Invece, in caso di ipogonadismo secondario, o ipo-normogonadotropo le cellule del
Sertoli non ricevono lo stimolo necessario al mantenimento della spermatogenesi e la
concentrazione di testosterone intratesticolare non è sufficiente alla conservazione dei
caratteri sessuali. In questo caso il tipo di terapia applicato dipende dal desiderio del
paziente di recuperare un discreto livello di fertilità.

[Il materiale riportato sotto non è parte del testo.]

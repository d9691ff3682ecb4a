//! A session with gdb over a recorded run.
ghost use Rattle.std.specs.Prelude.{◌≡◌, ◌⊎◌, IfErr, IfOk, IfSome, IsErrOf, IsOk, is_some, None};
ghost use Rattle.ckrt_gdb_stub.specs.declared.fault.DebugFault.TheVariants.{Range, Refused};
ghost use Rattle.ckrt_gdb_playback.specs.Playback.{IsPlayable, history_of};
ghost use Rattle.ckrt_gdb_playback.specs.Recorded.{IsSound, run_of};
ghost use Rattle.ckrt_gdb_playback.specs.Look.{fitting};
ghost use Rattle.ckrt_gdb_playback.specs.Requests.{last_text};
ghost use Rattle.ckrt_events.specs.Bytes.{IsInRange};
ghost use Rattle.ckrt_gdb_history.specs.Forks.{append_fault};
ghost use Rattle.ckrt_gdb_stub.specs.Session.{Answers, BeginsAt, HasForked, HasGoneOn, HasGoneToEnd, HasMoved, HasSet, IsMotion, IsOfRun, IsOutside, Makes, Names, Reaches, gone_on, look_in, set_text_in, way_in};

use crate::fault::DebugFault;
use ckrt_events::Event;
use ckrt_gdb_forms::{Payload, Request};
use ckrt_gdb_history::{AppendFault, HistoryFault, Position};
use ckrt_gdb_playback::{Desk, Playback, Recorded, Way, tell_state, way_of};
use ckrt_schedule::ScheduleEnd;
use std::alloc::Global;

/// What gdb asks is answered by this, from a recorded run: a state of the machine and the events from there on.
///
/// The run is replayed once somebody moves, since a debugger waits a few seconds only for its first answers. All memory was taken for
/// what is [`Recorded`], but that of the texts that a `monitor` gets.
pub struct Stub {
    pub(crate) alloc: Global,
    pub(crate) playback: Playback,
    pub(crate) desk: Desk,
}

/// Written out, so that whoever lets a session go needs no proof about each of its parts.
impl Drop for Stub {
    fn drop(self) {
        let Stub {
            alloc: _,
            playback: _,
            desk: _,
        } = self;
    }
}

impl Stub {
    /// A session that begins with the run's first event, before which `first` were done, or once `at` events are done.
    ///
    /// # Errors
    ///
    /// Where `at` is given, for which the run is replayed: `Range` exactly where it has no such position, and `Refused` only where an
    /// event isn't accepted at its turn, or they don't come through the run's stage.
    pub fn new(
        alloc: Global,
        first: u64,
        recorded: Recorded,
        at: Option<u64>,
    ) -> Result<Stub, DebugFault>
        ensures begun { IfOk result (BeginsAt at first recorded) }
        ensures within { IfOk result (λ _. IsOutside at first (run_of recorded) → ⊥) }
        ensures range { IsErrOf result Range → IsOutside at first (run_of recorded) }
        ensures refused { IsErrOf result Refused → IsSound recorded → ⊥ }
        ensures fault { IfErr result (λ e. (e ≡ Refused) ⊎ (e ≡ Range)) }
        ensures sure { at ≡ None → IsOk result }
    {
        let desk = Desk::new(
            first,
            recorded.event_count(),
            &recorded.machine().tables().threads,
            recorded.known_threads(),
        );
        let stub = Stub {
            alloc,
            playback: Playback::Unplayed(recorded),
            desk,
        };
        let Some(events) = at else {
            return Ok(stub);
        };
        let (stub, is_there) = stub.reach(events, 0)?;
        if is_there {
            Ok(stub)
        } else {
            Err(DebugFault::Range)
        }
    }

    /// Goes to where so many events of all are done, and so many steps of the next, and shows whose step is next. `false` where the
    /// run has no such position, and then nothing changes.
    pub(crate) fn reach(self, events: u64, steps: u32) -> Result<(Stub, bool), HistoryFault>
        ensures reached { IfOk result (λ r. Reaches events steps self r.1 r.0) }
        ensures refused { IfErr result (λ _. IsPlayable self.playback → ⊥) }
    {
        let Stub {
            alloc,
            playback,
            mut desk,
        } = self;
        let mut history = playback.played()?;
        let is_there = desk.reach(&mut history, events, steps);
        let playback = Playback::Played(history);
        Ok((
            Stub {
                alloc,
                playback,
                desk,
            },
            is_there,
        ))
    }

    /// Goes behind the last event, and shows who ended the program, if it has ended.
    pub(crate) fn reach_end(self) -> Result<Stub, HistoryFault>
        ensures reached { IfOk result (HasGoneToEnd self) }
        ensures refused { IfErr result (λ _. IsPlayable self.playback → ⊥) }
    {
        let Stub {
            alloc,
            playback,
            mut desk,
        } = self;
        let mut history = playback.played()?;
        desk.reach_end(&mut history);
        let playback = Playback::Played(history);
        Ok(Stub {
            alloc,
            playback,
            desk,
        })
    }

    /// Motions end from now on where so many events of all are done, and so many steps of the next. None where the run has no such
    /// position, and then nothing changes.
    pub(crate) fn name(
        self,
        events: u64,
        steps: u32,
    ) -> Result<(Stub, Option<Position>), HistoryFault>
        ensures named { IfOk result (λ r. Names events steps self r.1 r.0) }
        ensures refused { IfErr result (λ _. IsPlayable self.playback → ⊥) }
    {
        let Stub {
            alloc,
            playback,
            mut desk,
        } = self;
        let history = playback.played()?;
        let there = desk.stop_at(&history, events, steps);
        let playback = Playback::Played(history);
        Ok((
            Stub {
                alloc,
                playback,
                desk,
            },
            there,
        ))
    }

    /// The run's history ends where it stands.
    pub(crate) fn fork(self) -> Result<Stub, HistoryFault>
        ensures forked { IfOk result (HasForked self) }
        ensures refused { IfErr result (λ _. IsPlayable self.playback → ⊥) }
    {
        let Stub {
            alloc,
            playback,
            mut desk,
        } = self;
        let mut history = playback.played()?;
        desk.cut(&mut history);
        let playback = Playback::Played(history);
        Ok(Stub {
            alloc,
            playback,
            desk,
        })
    }

    /// Makes one more event behind the last, and shows who was there. Else it is told why not, and then nothing changes.
    pub(crate) fn append(self, event: Event) -> Result<(Stub, Option<AppendFault>), HistoryFault>
        requires { IsInRange event }
        ensures fault { IfOk result (λ r. r.1 ≡ append_fault event (history_of self.playback)) }
        ensures made { IfOk result (λ r. Makes event r.1 self r.0) }
        ensures refused { IfErr result (λ _. IsPlayable self.playback → ⊥) }
    {
        let Stub {
            alloc,
            playback,
            mut desk,
        } = self;
        let mut history = playback.played()?;
        let fault = desk.append(&mut history, event);
        let playback = Playback::Played(history);
        Ok((
            Stub {
                alloc,
                playback,
                desk,
            },
            fault,
        ))
    }

    /// Makes so many events at most behind the last, each the one that is next by turns, and shows whose step is next then. It is told
    /// why there is no further one.
    pub(crate) fn extend(
        self,
        most: u32,
    ) -> Result<(Stub, Result<ScheduleEnd, AppendFault>), HistoryFault>
        ensures end { IfOk result (λ r. r.1 ≡ (gone_on most self).end) }
        ensures made { IfOk result (λ r. HasGoneOn most self r.0) }
        ensures refused { IfErr result (λ _. IsPlayable self.playback → ⊥) }
    {
        let Stub {
            alloc,
            playback,
            mut desk,
        } = self;
        let mut history = playback.played()?;
        let end = desk.extend(&mut history, most);
        let playback = Playback::Played(history);
        Ok((
            Stub {
                alloc,
                playback,
                desk,
            },
            end,
        ))
    }

    /// Moves, and tells where it stops.
    fn walk(self, way: Way, out: &mut Payload) -> Result<Stub, HistoryFault>
        ensures moved { IfOk result (λ stub. HasMoved way self stub
            × (out.new.items ≡ fitting (last_text stub.desk.view))) }
        ensures refused { IfErr result (λ _. IsPlayable self.playback → ⊥) }
    {
        let Stub {
            alloc,
            playback,
            mut desk,
        } = self;
        let mut history = playback.played()?;
        desk.walk(&mut history, way, out);
        let playback = Playback::Played(history);
        Ok(Stub {
            alloc,
            playback,
            desk,
        })
    }

    /// What is neither a look nor a motion.
    fn set(self, request: &Request, out: &mut Payload) -> Stub
        ensures set { HasSet request.now self result }
        ensures payload { out.new.items ≡ fitting (set_text_in request.now self) }
    {
        let Stub {
            alloc,
            playback,
            mut desk,
        } = self;
        desk.set(request, &playback.machine().tables().threads, out);
        Stub {
            alloc,
            playback,
            desk,
        }
    }

    /// Shows what is asked of the state. `false` where something else was asked.
    fn look(&self, request: &Request, out: &mut Payload) -> bool
        ensures told { result ≡ is_some (look_in request.now self.now) }
        ensures payload { IfSome (look_in request.now self.now)
            (λ text. out.new.items ≡ fitting text) }
    {
        tell_state(request, &self.desk.view, self.playback.machine(), out)
    }

    /// The way that gdb wants to go, if it does.
    pub(crate) fn way(&self, request: &Request) -> Option<Way>
        ensures { result ≡ way_in request.now self.now }
    {
        way_of(
            request,
            &self.desk.view,
            &self.playback.machine().tables().threads,
        )
    }

    /// Answers a request: the payload of its reply, in place of what was in `out`.
    ///
    /// # Errors
    ///
    /// `Refused` of a motion alone, for which the run is replayed once, and only where an event isn't accepted at its turn, or they
    /// don't come through the run's stage.
    pub fn answer(self, request: &Request, out: &mut Payload) -> Result<Stub, HistoryFault>
        ensures answered { IfOk result (λ stub. Answers request.now self stub out.new.items) }
        ensures run { IfOk result (IsOfRun self) }
        ensures moving { IfErr result (λ _. IsMotion request.now self) }
        ensures refused { IfErr result (λ _. IsPlayable self.playback → ⊥) }
    {
        if self.look(request, out) {
            return Ok(self);
        }
        match self.way(request) {
            Some(way) => self.walk(way, out),
            None => Ok(self.set(request, out)),
        }
    }
}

La terapia sostitutiva con testosterone rappresenta il trattamento classico per i maschi
adulti affetti da ipogonadismo ipogonadotropo, soprattutto essa è indicata per gli uomini
che sono già genitori e viene utilizzata principalmente per eliminare i sintomi ed i segni
caratteristici di ipogonadismo ipogonadotropo; infatti, l’assunzione di testosterone,
disponibile in diverse preparazioni farmacologiche (iniezioni per via intramuscolare,
compresse, cerotti e gel), comporta l’aumento della massa e della forza muscolare
nonché della densità ossea, il miglioramento della risposta agli stimoli di natura
sessuale, la diminuzione della massa grassa e conferisce inoltre, un senso di benessere al
paziente.
Nonostante la terapia sostitutiva con testosterone influenzi positivamente gli stimoli di
natura sessuale, essa non è sufficiente da sola a indurre un recupero soddisfacente della
fertilità nell’uomo affetto da ipogonadismo secondario, o ipogonadotropo. Difatti, sono
noti dei pazienti in cui il testosterone è controindicato, come nei soggetti affetti da
cancro alla prostata, disturbi del tratto urinario inferiore o alti livelli di PSA, cancro alla
mammella, sindrome da apnea ostruttiva del sonno (OSAS), insufficienza cardiaca
congestizia e patologia coronarica. Inoltre la terapia continuata con testosterone può
indurre differenti effetti collaterali; tra i disturbi più comuni si individuano l’eritrocitosi,
61
il peggioramento del carcinoma prostatico e delle metastasi, la ginecomastia,
l’induzione o il peggioramento di OSAS, il peggioramento della spermatogenesi ed
edema agli arti inferiori nei pazienti con insufficienza cardiaca.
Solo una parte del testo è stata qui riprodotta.